The most popular retirement plan is the 401(k), which is generally set up with minimal effort through your employer. A 401(k) provides great tax advantages and often comes with matching contributions from your employer, not to mention automated deposits.
For the most part, finance experts recommend that people focus on saving through a 401(k) until they max out their company match. However, in some circumstances, it makes sense to open different retirement savings accounts before reaching this point. Once the match is maxed out, you should start to consider other savings options for a variety of different reasons, including:
1. Tax diversification
A 401(k) provides some great tax advantages. Money put into the account is not subject to income tax, and the principal grows without any taxes due until retirement. Once money is withdrawn from the account, it gets taxed as regular income. For the most part, this deferral of taxes works to the advantage of the retiree. Most individuals will be in a lower tax bracket once they retire, so they will pay less in taxes during these years.
Even so, you should make sure that you keep your tax bill low, which means diversifying your retirement accounts in terms of taxation. In retirement, many people live on a fixed income, so keeping the tax bill low is critically important.
A way to keep the tax bill low is saving monthly with a Roth IRA. Money put into a Roth account comes from post-tax income, so it is not subject to taxes upon withdrawal in retirement. Moreover, money from a Roth account does not count toward taxable income. If you come close to the line between tax brackets, you can start using your Roth account to avoid moving into the higher bracket and save on taxes.
2. Easier inheritance
The IRS requires that people take minimum distributions on their tax-deferred accounts, including a 401(k), once they turn 72. These distributions must be taken whether or not you need the money, which is the federal government’s way of ensuring tax income from the tax-advantaged account. Otherwise, you could defer taxes on your income indefinitely.
The required minimum distribution depends on your age and account balance. Once you pass away, the remaining 401(k) funds go to named beneficiaries. Depending on your age and that of your beneficiaries, minimum distributions may be imposed on the inheritance, and these withdrawals count as taxable income for the person who inherited the balance.
Funds in a taxable account, meaning an investment account not specifically designed for retirement, are not subject to required minimum distributions, so assets can accumulate in them and then get passed on to heirs without any forced withdrawals. This is an advantage of taxable accounts over even a Roth IRA. While Roth accounts do not have required minimum distributions during the account holder’s life, beneficiaries usually do have to take forced withdrawals, although they will not have to pay income tax on them. For a taxable account, taxes are due when assets are sold rather than when they receive distributions. The taxes are based on the value of the assets when the account holder dies rather than the purchase price.
3. Increased liquidity
While a 401(k) has great tax advantages, the trade-off is that the IRS makes it difficult for you to withdraw money before you reach the age of 59 1/2. Before this age, you will pay a 10 percent penalty on any withdrawals on top of the normal income tax. For that reason, people planning an early retirement should look into other savings options since they will not have access to their 401(k) when they plan to retire. Even those who plan to retire at the traditional age may want more liquidity in their savings, so the early withdrawal penalty can become problematic.

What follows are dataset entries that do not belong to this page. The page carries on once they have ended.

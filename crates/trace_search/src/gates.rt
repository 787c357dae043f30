//! What entries wait for that are published and not fetched, and which of them write.

use crate::forced::{FetchDue, fetching, is_at_head, users};
use trace_walk::{Need, Published, TraceTables, Walk, number_at};

/// What has to end before an entry can be fetched.
pub(crate) enum Gate {
    /// This ticket, whose completion comes first in its completion queue.
    Ticket(usize),
    /// Something that can't end before the next line.
    Never,
    /// Nothing that is sure.
    Unsure,
}

/// What has to end before the next entry of a submission queue can be fetched.
pub(crate) fn gate_of(walk: &Walk, tables: &TraceTables, queue: usize) -> Gate {
    if !tables.tidy || fetching(walk, tables, queue) != FetchDue::Never {
        return Gate::Unsure;
    }
    let cq = tables.cq_of(queue);
    let Some((_, completion)) = tables.wanted(cq, number_at(&walk.posted, cq)) else {
        return Gate::Unsure;
    };
    let sure = is_at_head(walk, tables, &completion).1;
    if !sure || fetching(walk, tables, completion.queue) == FetchDue::Maybe {
        return Gate::Unsure;
    }
    match users(walk, completion.queue, completion.cqe.cid) {
        (1, number) => Gate::Ticket(number),
        _ => Gate::Never,
    }
}

/// The ticket that has to end before the next entry of a submission queue can be fetched, where there is one.
pub(crate) fn gate_ticket(walk: &Walk, tables: &TraceTables, queue: usize) -> Option<usize> {
    match gate_of(walk, tables, queue) {
        Gate::Ticket(number) => Some(number),
        Gate::Never | Gate::Unsure => None,
    }
}

// The place of what an entry writes to a block, where it would write it; that of zeros is `usize::MAX`.
fn place_waiting(entry: &Published, block: u64) -> Option<usize> {
    let sqe = entry.item.sqe();
    let behind = block.checked_sub(sqe.slba())?;
    if behind >= u64::from(sqe.blocks()) || entry.refused {
        return None;
    }
    if sqe.is_write() {
        Some(entry.values.saturating_add(behind.min(65_535) as usize))
    } else if sqe.is_write_zeroes() {
        Some(usize::MAX)
    } else {
        None
    }
}

/// What is to be written to a block.
#[derive(Clone, Copy)]
pub(crate) enum Wanted {
    /// This value.
    Value(u64),
    /// What has to be written before a value around which this has to happen.
    Before(Need),
}

// The line before which an entry has written what lies at this place, or that was found.
fn due_of(tables: &TraceTables, entry: &Published, place: usize) -> usize {
    let need = tables.need(place);
    if need.alone && entry.succeeded != usize::MAX {
        entry.succeeded.min(need.due)
    } else {
        entry.succeeded
    }
}

// Whether an entry writes so what lies at this place.
fn is_wanted(tables: &TraceTables, entry: &Published, place: usize, wanted: Wanted) -> bool {
    match wanted {
        Wanted::Value(value) => tables.value(place) == value,
        Wanted::Before(need) => {
            let chain = tables.need(place).chain;
            chain != need.chain && due_of(tables, entry, place) < need.until
        }
    }
}

/// A submission queue in which an entry waits that writes this to a block.
pub(crate) fn queue_waiting(
    walk: &Walk,
    tables: &TraceTables,
    block: u64,
    wanted: Wanted,
) -> Option<usize> {
    for queue in 0..walk.fetched.len() {
        let first = number_at(&walk.fetched, queue);
        for number in first..number_at(&walk.published, queue) {
            let entry = tables.entry(queue, number)?;
            if let Some(place) = place_waiting(&entry, block) {
                if is_wanted(tables, &entry, place, wanted) {
                    return Some(queue);
                }
            }
        }
    }
    None
}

To increase liquidity, you don’t need to avoid a 401(k) altogether. Rather, you should simply add additional accounts to your portfolio. Not all wealth needs to be held in restricted accounts, especially if those rules do not align with your plans for the future. Increasing liquidity generally means opening a taxable account, which will not have any sort of withdrawal restrictions, although the same tax advantages do not apply. A Roth IRA can also help with liquidity since you can withdraw your contributions at any time. However, withdrawing earnings will result in a penalty.
4. Better investments
The other thing that you should keep in mind when it comes to 401(k)s is that investments can be quite limited. For the most part, these accounts offer between 10 and 20 different mutual funds, target-date funds, or index funds. While these options are generally low-cost and reliable, they are not always the best choices. Pay close attention to the investment choices offered by a 401(k) and determine whether it makes sense to invest elsewhere.

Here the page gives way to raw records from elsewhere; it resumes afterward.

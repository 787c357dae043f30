//! What a ticket misses that is to find values, and whether somebody can still write it.

use crate::choosing::place_written;
use crate::gates::{Wanted, queue_waiting};
use entry_codec::Status;
use nvme_model::array::Range;
use trace_walk::{BlockSet, Gives, SoughtTicket, TraceTables, Walk, wanted_completion};

/// What a ticket writes to a block.
pub(crate) fn value_given(
    walk: &Walk,
    tables: &TraceTables,
    ticket: &SoughtTicket,
    block: u64,
) -> u64 {
    match ticket.gives {
        Gives::Values(first) => tables.value(first.saturating_add(ticket.behind(block))),
        Gives::Zeros | Gives::Nothing => 0,
    }
}

/// The first of these blocks whose value isn't what a ticket is to find, and that value.
pub(crate) fn missing(
    walk: &Walk,
    tables: &TraceTables,
    ticket: &SoughtTicket,
    range: &Range,
) -> Option<(u64, u64)> {
    let place = ticket.finds?;
    let equal = walk.equal(tables, ticket, range);
    if equal >= range.blocks {
        return None;
    }
    let block = range.slba.saturating_add(u64::from(equal));
    Some((
        block,
        tables.value(place.saturating_add(ticket.behind(block))),
    ))
}

// Whether a block has what somebody finds there who isn't published yet, so that nothing but what comes behind it in
// its chain is written there before the next line.
fn is_kept(walk: &Walk, tables: &TraceTables, block: u64, chain: usize) -> bool {
    let need = tables.need(walk.writer(block));
    need.alone && need.until > walk.at && need.chain != chain
}

// Whether a ticket in flight can write this value to a block before the next line.
fn is_coming(walk: &Walk, tables: &TraceTables, block: u64, value: u64) -> bool {
    for number in walk.in_flight.as_slice() {
        let Some(ticket) = walk.tickets.get(*number) else {
            continue;
        };
        if ticket.writes()
            && ticket.will_reach(block)
            && value_given(walk, tables, ticket, block) == value
        {
            let chain = tables.need(place_written(walk, ticket, block)).chain;
            if !is_kept(walk, tables, block, chain) {
                return true;
            }
        }
    }
    false
}

// Whether a ticket is to find what its completion says.
fn has_to_find(tables: &TraceTables, ticket: &SoughtTicket) -> bool {
    match wanted_completion(tables, ticket) {
        Some(completion) => completion.cqe.status == Status::SUCCESS,
        None => false,
    }
}

/// The blocks of a ticket that is to find before the next line what nobody can write before it.
pub(crate) fn unfound(walk: &Walk, tables: &TraceTables, number: usize) -> Option<BlockSet> {
    let ticket = walk.ticket(number)?;
    let range = walk.next_unit(tables, &ticket)?;
    if !has_to_find(tables, &ticket) {
        return None;
    }
    let (block, value) = missing(walk, tables, &ticket, &range)?;
    let is_waiting = queue_waiting(walk, tables, block, Wanted::Value(value)).is_some();
    if is_waiting || is_coming(walk, tables, block, value) {
        return None;
    }
    Some(ticket.blocks())
}
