//! The entries of a unit that is one step: its Grant and its Blocks.

use history::{BlockLine, Entry, GrantLine, UnitRange};
use nvme_model::array::Range;
use nvme_model::operation::Found;
use std::alloc::AllocError as NoMemory;
use trace_walk::SoughtTicket;

/// Entries that are written, the oldest first.
#[derive(Drop)]
pub(crate) struct UnitWriter {
    pub(crate) entries: Vec<Entry>,
}

impl UnitWriter {
    fn block(
        &mut self,
        ticket: u64,
        unit: u64,
        lba: u64,
        found: Found,
        effect: bool,
    ) -> Result<(), NoMemory> {
        self.entries.push(Entry::Block(BlockLine {
            ticket,
            unit,
            lba,
            found,
            effect,
        }))?;
        Ok(())
    }

    fn grant(
        &mut self,
        ticket: u64,
        unit: u64,
        range: &Range,
        known: &SoughtTicket,
    ) -> Result<(), NoMemory> {
        self.entries.push(Entry::Grant(GrantLine {
            ticket,
            unit,
            range: UnitRange::new(range.slba, range.blocks.min(65_535) as u16),
            mode: known.mode(),
        }))?;
        Ok(())
    }

    // The Blocks of a unit that all find the same; the first, or the last, is the effect.
    fn blocks(
        &mut self,
        ticket: u64,
        unit: u64,
        range: &Range,
        found: Found,
        effect: Option<u32>,
    ) -> Result<(), NoMemory> {
        for k in 0..range.blocks {
            let lba = range.slba.saturating_add(u64::from(k));
            self.block(ticket, unit, lba, found, effect == Some(k))?;
        }
        Ok(())
    }

    // The Blocks of a comparing unit, so many of which are equal before one differs.
    fn comparing(
        &mut self,
        ticket: u64,
        unit: u64,
        range: &Range,
        equal: u32,
    ) -> Result<bool, NoMemory> {
        let front = Range {
            slba: range.slba,
            blocks: equal,
        };
        if equal < range.blocks {
            self.blocks(ticket, unit, &front, Found::Equal, None)?;
            let lba = range.slba.saturating_add(u64::from(equal));
            self.block(ticket, unit, lba, Found::Differs, true)?;
            return Ok(false);
        }
        self.blocks(ticket, unit, &front, Found::Equal, equal.checked_sub(1))?;
        Ok(true)
    }

    /// Writes the entries of a unit, of which so many blocks are equal before one differs.
    pub(crate) fn unit(
        &mut self,
        ticket: u64,
        unit: u64,
        range: &Range,
        equal: u32,
        known: &SoughtTicket,
    ) -> Result<(), NoMemory> {
        self.grant(ticket, unit, range, known)?;
        if known.compares() {
            if self.comparing(ticket, unit, range, equal)? && known.writes() {
                self.blocks(ticket, unit, range, Found::Written, None)?;
            }
            return Ok(());
        }
        let found = if known.writes() {
            Found::Written
        } else {
            Found::Read
        };
        self.blocks(ticket, unit, range, found, Some(0))
    }
}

Opening a second account can often grant access to not only better investments but different types to improve diversification. This second account could be a traditional or Roth IRA, or even a taxable account with a brokerage. First, figure out what kind of account serves your other needs and then search for the option that provides the best investment options. Some investment options to look for include exchange-traded funds, debt securities, mutual funds, and stocks.